#### [WHAT TO PRODUCE]
Copy every record word for word.
====== MATERIAL PROVIDED ======
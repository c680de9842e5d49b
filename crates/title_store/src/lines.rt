//! What single lines of a title's text say.

ghost use Rattle.std.specs.Prelude.{◌≡◌, ◌==◌, Some};
ghost use Rattle.std.specs.List.{position};
ghost use Rattle.std.specs.Option.{option_map};
ghost use Rattle.text_terms.specs.Numbers.{number_of};
ghost use Rattle.title_terms.specs.TitleText.{exactly, if_text, text_after, parted, cut_said, segment_said, digest_said};
ghost use Rattle.title_store.specs.Reads.{parts_view};

use hex::FromHex;
use std::str;
use texts::read_number;

/// What the line of a segment says.
#[derive(Clone, Copy)]
pub(crate) struct SegmentParts<'a> {
    pub(crate) micros: u128,
    pub(crate) uri: &'a str,
    pub(crate) cut: bool,
}

/// The bytes, where they are just these.
pub(crate) fn exactly(wanted: &[u8], text: &[u8]) -> Option<()>
    ensures { result ≡ exactly wanted.now text.now }
{
    if text == wanted { Some(()) } else { None }
}

/// The text behind a word.
pub(crate) fn text_after<'a>(word: &[u8], text: &'a [u8]) -> Option<&'a str>
    ensures { option_map (λ value. value.now) result ≡ text_after word.now text.now }
{
    text_in(text.strip_prefix(word)?)
}

/// The bytes, where they are a text.
fn text_in(bytes: &[u8]) -> Option<&str>
    ensures { option_map (λ value. value.now) result ≡ if_text (Some bytes.now) }
{
    match str::from_utf8(bytes) {
        Ok(text) => Some(text),
        Err(_) => None,
    }
}

/// The number that the bytes spell.
pub(crate) fn number_in(bytes: &[u8]) -> Option<u128>
    ensures { result ≡ number_of bytes.now }
{
    match str::from_utf8(bytes) {
        Ok(text) => read_number(text),
        Err(_) => None,
    }
}

/// A segment: a digit for the cut, a space, the microseconds, a space and the URI.
#[tactic(auto, unfolding(title_terms::specs::TitleText::segment_said))]
pub(crate) fn segment_in(text: &[u8]) -> Option<SegmentParts<'_>>
    ensures { option_map parts_view result ≡ segment_said text.now }
{
    let (flag, timed) = parted(text)?;
    let (number, uri) = parted(timed)?;
    let cut = cut_in(flag)?;
    let micros = number_in(number)?;
    let uri = text_in(uri)?;
    Some(SegmentParts { micros, uri, cut })
}

/// What stands in front of the first space, and behind it.
fn parted(text: &[u8]) -> Option<(&[u8], &[u8])>
    ensures { option_map (λ parts. (parts.0.now, parts.1.now)) result ≡ parted text.now }
{
    let space = space_in(text)?;
    Some((&text[..space], &text[space + 1..]))
}

/// The place of the first space.
fn space_in(text: &[u8]) -> Option<usize>
    ensures { result ≡ position (λ b. b == 32) text.now }
{
    text.iter().position(|byte| *byte == b' ')
}

/// Whether a discontinuity stands in front of the segment.
fn cut_in(flag: &[u8]) -> Option<bool>
    ensures { result ≡ cut_said flag.now }
{
    if flag == b"0".as_slice() {
        return Some(false);
    }
    if flag == b"1".as_slice() {
        return Some(true);
    }
    None
}

/// The digest that 64 digits spell, all of them in lower case.
#[tactic(auto, unfolding(title_terms::specs::TitleText::digest_said))]
pub(crate) fn digest_in(text: &[u8]) -> Option<[u8; 32]>
    ensures { result ≡ digest_said text.now }
{
    let Ok(digest) = <[u8; 32] as FromHex>::from_hex(text) else {
        return None;
    };
    let mut again = [0u8; 64];
    hex::encode_to_slice(digest.as_slice(), &mut again).unwrap();
    if again.as_slice() == text {
        Some(digest)
    } else {
        None
    }
}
======
#### [RESPONSE AREA]
repository c680de9842e5d49b
filename crates/title_store/src/lines.rt
//! What single lines of a title's text say.

ghost use Rattle.std.specs.Prelude.{◌≡◌, ◌==◌, Some};
ghost use Rattle.std.specs.List.{position};
ghost use Rattle.std.specs.Option.{option_map};
ghost use Rattle.text_terms.specs.Numbers.{number_of};
ghost use Rattle.title_terms.specs.TitleText.{exactly, if_text, text_after, parted, cut_said, segment_said, digest_said};
ghost use Rattle.title_store.specs.Reads.{parts_view};

use hex::FromHex;
use std::str;
use texts::read_number;

/// What the line of a segment says.
#[derive(Clone, Copy)]
pub(crate) struct SegmentParts<'a> {
    pub(crate) micros: u128,
    pub(crate) uri: &'a str,
    pub(crate) cut: bool,
}

/// The bytes, where they are just these.
pub(crate) fn exactly(wanted: &[u8], text: &[u8]) -> Option<()>
    ensures { result ≡ exactly wanted.now text.now }
{
    if text == wanted { Some(()) } else { None }
}

/// The text behind a word.
pub(crate) fn text_after<'a>(word: &[u8], text: &'a [u8]) -> Option<&'a str>
    ensures { option_map (λ value. value.now) result ≡ text_after word.now text.now }
{
    text_in(text.strip_prefix(word)?)
}

/// The bytes, where they are a text.
fn text_in(bytes: &[u8]) -> Option<&str>
    ensures { option_map (λ value. value.now) result ≡ if_text (Some bytes.now) }
{
    match str::from_utf8(bytes) {
        Ok(text) => Some(text),
        Err(_) => None,
    }
}

/// The number that the bytes spell.
pub(crate) fn number_in(bytes: &[u8]) -> Option<u128>
    ensures { result ≡ number_of bytes.now }
{
    match str::from_utf8(bytes) {
        Ok(text) => read_number(text),
        Err(_) => None,
    }
}

/// A segment: a digit for the cut, a space, the microseconds, a space and the URI.
#[tactic(auto, unfolding(title_terms::specs::TitleText::segment_said))]
pub(crate) fn segment_in(text: &[u8]) -> Option<SegmentParts<'_>>
    ensures { option_map parts_view result ≡ segment_said text.now }
{
    let (flag, timed) = parted(text)?;
    let (number, uri) = parted(timed)?;
    let cut = cut_in(flag)?;
    let micros = number_in(number)?;
    let uri = text_in(uri)?;
    Some(SegmentParts { micros, uri, cut })
}

/// What stands in front of the first space, and behind it.
fn parted(text: &[u8]) -> Option<(&[u8], &[u8])>
    ensures { option_map (λ parts. (parts.0.now, parts.1.now)) result ≡ parted text.now }
{
    let space = space_in(text)?;
    Some((&text[..space], &text[space + 1..]))
}

/// The place of the first space.
fn space_in(text: &[u8]) -> Option<usize>
    ensures { result ≡ position (λ b. b == 32) text.now }
{
    text.iter().position(|byte| *byte == b' ')
}

/// Whether a discontinuity stands in front of the segment.
fn cut_in(flag: &[u8]) -> Option<bool>
    ensures { result ≡ cut_said flag.now }
{
    if flag == b"0".as_slice() {
        return Some(false);
    }
    if flag == b"1".as_slice() {
        return Some(true);
    }
    None
}

/// The digest that 64 digits spell, all of them in lower case.
#[tactic(auto, unfolding(title_terms::specs::TitleText::digest_said))]
pub(crate) fn digest_in(text: &[u8]) -> Option<[u8; 32]>
    ensures { result ≡ digest_said text.now }
{
    let Ok(digest) = <[u8; 32] as FromHex>::from_hex(text) else {
        return None;
    };
    let mut again = [0u8; 64];
    hex::encode_to_slice(digest.as_slice(), &mut again).unwrap();
    if again.as_slice() == text {
        Some(digest)
    } else {
        None
    }
}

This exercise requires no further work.